# How do I replace the blower motor resistor?



## jgo (Aug 23, 2017)

Hi everyone,

I'm having an issue installing a blower motor resistor to my 2013 Cruze LT. I've removed the panel under the passenger side dash and can see the blower motor. My problem is I can't tell where the blower motor resistor is at. Does anyone know of an instructional video that details how to remove and replace the blower motor resistor?


----------



## Blasirl (Mar 31, 2015)

Welcome Aboard!:welcome:

Unfortunately I do not, but someone here surely does.


----------



## Blasirl (Mar 31, 2015)

Try these links:

How-To: HVAC Blower Motor Replacement

2012 Chevy Cruze Blower motor issue

I did not vet either of these.

EDIT:

Here are a few more.


Cruze Failed Cabin Blower Motor Checklist- and any TSB's?


Blower motor location resistor - 2011 Chevrolet Cruze

Same Caveat.


----------



## Blasirl (Mar 31, 2015)




----------



## Blasirl (Mar 31, 2015)

How-To: HVAC Blower Motor Replacement


----------



## Blasirl (Mar 31, 2015)




----------



## guuyuk (Nov 12, 2015)

Yes, I'm resurrecting an old post as I could not find anything that specifically said how to replace the blower motor resistor.

Just did this replacement. The instructions are for LHD, RHD I imagine will have the directions reversed.

1. Remove glove box. Open glove box, work the clip/cable that holds the glove box up out of the hole on the right side, then open the glove box more until it's almost horizontal, then pull straight out.
2. Remove cover under the dash, two screws just under the knee airbag, then just manouver it out.
3. Remove the knee airbag. Two somewhat larger bolts near the two screws you just removed for the undercover. DO NOT DISCONNECT THE CONNECTOR FROM THE AIRBAG!!!!! There's a couple of clips on the ends, gently work them out, the other two clips on the top of the airbag should release easily. Carefully set the still-connected airbag aside.
4. Remove the glovebox surround. First, remove the cover on the right side of the dash (the end of the dash normally covered by the door when it's closed), carefully pry the cover off, there's 4 clips and then the cover rotates out pivoting around the door trim gasket (rubber part). The glovebox surround has 6 screws total, same size as the two that held the cover from step 2. If necessary, you may also need to remove the lower cover under the glovebox surround, it has 6 or 7 clips that can gently be pried up, then carefully lift up the door trim gasket (rubber part) then removed. 

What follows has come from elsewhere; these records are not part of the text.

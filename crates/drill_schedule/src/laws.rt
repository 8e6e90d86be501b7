//! The laws of drills.
ghost use Rattle.drill_schedule.specs.Laws.{DrillsAreSchedules, DrillsArePlain, DrillsHaveLines};

use json_text::print_is_json;
use schedule_text::schedules_are_read;

/// The text of each drill is a schedule, and `Schedule::read` gives it the lines that its draws say.
pub fn drills_are_schedules()
    ensures { DrillsAreSchedules }
{
    print_is_json();
    schedules_are_read();
}

/// The lines of a drill create a collection, change a document, or start the dump or copy for it, and are five more than
/// its number.
pub fn drills_are_plain()
    ensures lines { DrillsArePlain }
    ensures count { DrillsHaveLines }
{}
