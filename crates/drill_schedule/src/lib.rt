//! Which schedule the text of a drill is. Laws alone: each function does nothing, and its caller learns the law.
#![tactic(auto)]

mod laws;

pub use laws::{drills_are_plain, drills_are_schedules};
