//! Asking for a place of a reader.

ghost use Rattle.std.specs.Prelude.{◌≡◌, ◌≤◌, true, MatchOption};
ghost use Rattle.std.specs.Arc.{arc_value};
ghost use Rattle.left_right.specs.Sides as sides;
ghost use Rattle.plum_snap.specs.Doors.{Rose};
ghost use Rattle.plum_snap.specs.Limits.{limit_word};
ghost use Rattle.plum_snap.specs.Rule.{IsAsBefore};

use super::Entrance;
use crate::ends::{Ink, reader};
use crate::limit::SharedLimit;
use crate::receipt::Receipt;
use std::marker::Model;
use std::sync::Arc;

/// How often a place of a reader was refused. Contracts see the count.
#[derive(Drop)]
pub struct Doors {
    /// It stands still at its end.
    refused: u64,
}

impl Model for Doors {
    ghost use Rattle.std.specs.Prelude.{ℕ};

    ghost Value = { ℕ };

    ghost view = { λ d. d.refused };
}

impl Doors {
    /// Doors at which no place was refused yet.
    pub fn new() -> Doors
        ensures { result ≡ 0 }
    {
        Doors { refused: 0 }
    }

    /// How often a place was refused. It stands still at 2^64 - 1.
    pub fn refused(&self) -> u64
        ensures { result ≡ self.now }
    {
        self.refused
    }

    /// A place at the board of a writer. None where it is refused, which is counted.
    pub(crate) fn entrance(
        &mut self,
        writer: &mut Ink,
        limit: Arc<SharedLimit>,
        front: &Receipt,
    ) -> Option<Entrance>
        requires limit { arc_value limit ≡ limit_word front.now.publisher.limit }
        requires known { (sides.view writer.old.desk.place).known ≡ true }
        requires one { (sides.view writer.old.desk.place).seen.front.list
            ≡ front.now.publisher.list }
        ensures entrance { MatchOption result
            (Rose self.old self.new)
            (λ e. (e ≡ record {
              publisher = front.now.publisher;
              sites = (sides.view writer.old.desk.place).seen.board.sites;
              seen = front.now.entries;
              shut = 0;
            }) × (self.new ≡ self.old)) }
        ensures count { self.old ≤ self.new }
        ensures place { sides.view writer.new.desk.place ≡ sides.view writer.old.desk.place }
        ensures same { IsAsBefore writer.old writer.new }
    {
        match reader(writer) {
            Ok(reader) => Some(Entrance::new(reader, limit, front.again())),
            Err(_) => {
                self.refused = self.refused.saturating_add(1);
                None
            }
        }
    }
}
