//! Entering with a reader.

ghost use Rattle.std.specs.Prelude.{◌≡◌, ◌⊎◌, true, length, MatchResult};
ghost use mathlib.Core.List.{IsPrefix};
ghost use Rattle.std.specs.Arc.{arc_value};
ghost use Rattle.left_right.specs.Sides as sides;
ghost use Rattle.plum_snap.specs.Doors.{LetsIn, TurnsAway, left_from};
ghost use Rattle.plum_snap.specs.Limits.{limit_word};

use crate::ends::Eye;
use crate::limit::SharedLimit;
use crate::receipt::Receipt;
use crate::rule::{Sees, Shared, View};
use crate::snapshot::Snapshot;
use left_right::reader::Reading;
use plum_board::Board;
use std::marker::Model;
use std::sync::Arc;

/// A place at the published board, with what has been seen from it. Contracts see whose it is, of
/// which sites, the entries seen, and how often it was shut.
#[derive(Drop)]
pub(crate) struct Entrance {
    reader: Eye,
    /// Up to where the list is published.
    limit: Arc<SharedLimit>,
    seen: Receipt,
    /// It stands still at its end.
    shut: u64,
}

impl Model for Entrance {
    ghost use Rattle.std.specs.Prelude.{◌≡◌, true};
    ghost use Rattle.std.specs.Arc.{arc_value};
    ghost use Rattle.left_right.specs.Sides as sides;
    ghost use Rattle.plum_snap.specs.Doors.{EntranceView};
    ghost use Rattle.plum_snap.specs.Limits.{limit_word};

    ghost Value = { EntranceView };

    ghost view = { λ e. record {
      publisher = e.seen.publisher;
      sites = (sides.view e.reader.place).seen.board.sites;
      seen = e.seen.entries;
      shut = e.shut;
    } };

    ghost invariant = { λ e. ((sides.view e.reader.place).known ≡ true)
        × ((sides.view e.reader.place).seen.front.list ≡ e.seen.publisher.list)
        × (arc_value e.limit ≡ limit_word e.seen.publisher.limit) };
}

/// Inside, with the board that is published. It is not `Drop`: end it by `leave`.
pub(crate) struct Inside {
    reading: Reading<Snapshot, View, Shared>,
    limit: Arc<SharedLimit>,
    seen: Receipt,
    shut: u64,
}

impl Model for Inside {
    ghost use Rattle.std.specs.Prelude.{◌≡◌};
    ghost use Rattle.std.specs.Arc.{arc_value};
    ghost use Rattle.left_right.specs.Sides as sides;
    ghost use Rattle.plum_snap.specs.Doors.{InsideView};
    ghost use Rattle.plum_snap.specs.Limits.{limit_word};
    ghost use Rattle.plum_snap.specs.Rule.{saw};

    ghost Value = { InsideView };

    ghost view = { λ i. record {
      publisher = i.seen.publisher;
      shown = i.reading.part.value;
      shut = i.shut;
    } };

    ghost invariant = { λ i. (sides.view i.reading.place ≡ saw i.reading.part.value)
        × (i.seen.publisher.list ≡ i.reading.part.value.front.list)
        × (i.seen.entries ≡ i.reading.part.value.front.entries)
        × (arc_value i.limit ≡ limit_word i.seen.publisher.limit) };
}

impl Entrance {
    /// A place that was never shut.
    pub(crate) fn new(reader: Eye, limit: Arc<SharedLimit>, seen: Receipt) -> Entrance
        requires known { (sides.view reader.place).known ≡ true }
        requires one { (sides.view reader.place).seen.front.list ≡ seen.publisher.list }
        requires limit { arc_value limit ≡ limit_word seen.publisher.limit }
        ensures { result ≡ record {
          publisher = seen.publisher;
          sites = (sides.view reader.place).seen.board.sites;
          seen = seen.entries;
          shut = 0;
        } }
    {
        Entrance {
            reader,
            limit,
            seen,
            shut: 0,
        }
    }

    /// How often it was shut.
    pub(crate) fn shut(&self) -> u64
        ensures { result ≡ self.now.shut }
    {
        self.shut
    }

    /// What has been seen from it.
    pub(crate) fn seen(&self) -> &Receipt
        ensures { result.now ≡ record {
          publisher = self.now.publisher;
          entries = self.now.seen;
        } }
    {
        &self.seen
    }

    /// The longer of what was seen and the receipt is seen.
    pub(crate) fn learn(&mut self, receipt: Receipt)
        requires { receipt.publisher ≡ self.old.publisher }
        ensures one { (self.new ≡ self.old)
            ⊎ (self.new ≡ record self.old { seen = receipt.entries }) }
        ensures this { IsPrefix self.old.seen self.new.seen }
        ensures that { IsPrefix receipt.entries self.new.seen }
    {
        self.seen = self.seen.again().longer(receipt);
    }

    /// The board that is published, which goes on from what was seen.
    ///
    /// A reader that comes back, or finds less than was seen or more than is published, which no
    /// run does, is counted.
    pub(crate) fn enter(self) -> Result<Inside, Entrance>
        ensures { MatchResult result (LetsIn self) (TurnsAway self) }
    {
        let Entrance {
            reader,
            limit,
            seen,
            shut,
        } = self;
        let refused = shut.saturating_add(1);
        match reader.enter_as::<Sees>() {
            Ok(reading) => match seen.up_to(&reading.get().front, &limit) {
                Some(front) => Ok(Inside {
                    reading,
                    limit,
                    seen: front,
                    shut,
                }),
                None => Err(Entrance {
                    reader: reading.leave(),
                    limit,
                    seen,
                    shut: refused,
                }),
            },
            Err(reader) => Err(Entrance {
                reader,
                limit,
                seen,
                shut: refused,
            }),
        }
    }
}

impl Inside {
    pub(crate) fn board(&self) -> &Board
        ensures { result.now ≡ self.now.shown.board }
    {
        &self.reading.get().board
    }

    /// How many entries the board has.
    pub(crate) fn count(&self) -> u64
        ensures { result ≡ length self.now.shown.front.entries }
    {
        self.seen.count()
    }

    pub(crate) fn leave(self) -> Entrance
        ensures { result ≡ left_from self }
    {
        let Inside {
            reading,
            limit,
            seen,
            shut,
        } = self;
        Entrance {
            reader: reading.leave(),
            limit,
            seen,
            shut,
        }
    }
}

The blower motor resistor is up in the dash towards the left. It has two connectors on it and is held in with two screws.

5. Disconnect the two connectors on the blower motor resistor. The clip is on the right side on each connector, the bottom one goes to the blower motor, the top one goes elsewhere (I think to the fan switch).
6. Remove the two screws holding the blower motor resistor then work the resistor out of the dash.
On my car, I ended up replacing the wire between the resistor and the blower motor as it had also apparently shorted out based on the appearance of the wires near the blower motor.

7-12. Assembly is reverse of disassembly.


----------



## Blasirl (Mar 31, 2015)

guuyuk said:


> Yes, I'm resurrecting an old post as I could not find anything that specifically said how to replace the blower motor resistor.
> 
> Just did this replacement. The instructions are for LHD, RHD I imagine will have the directions reversed.
> 
> ...


Any chance you have some pictures?


----------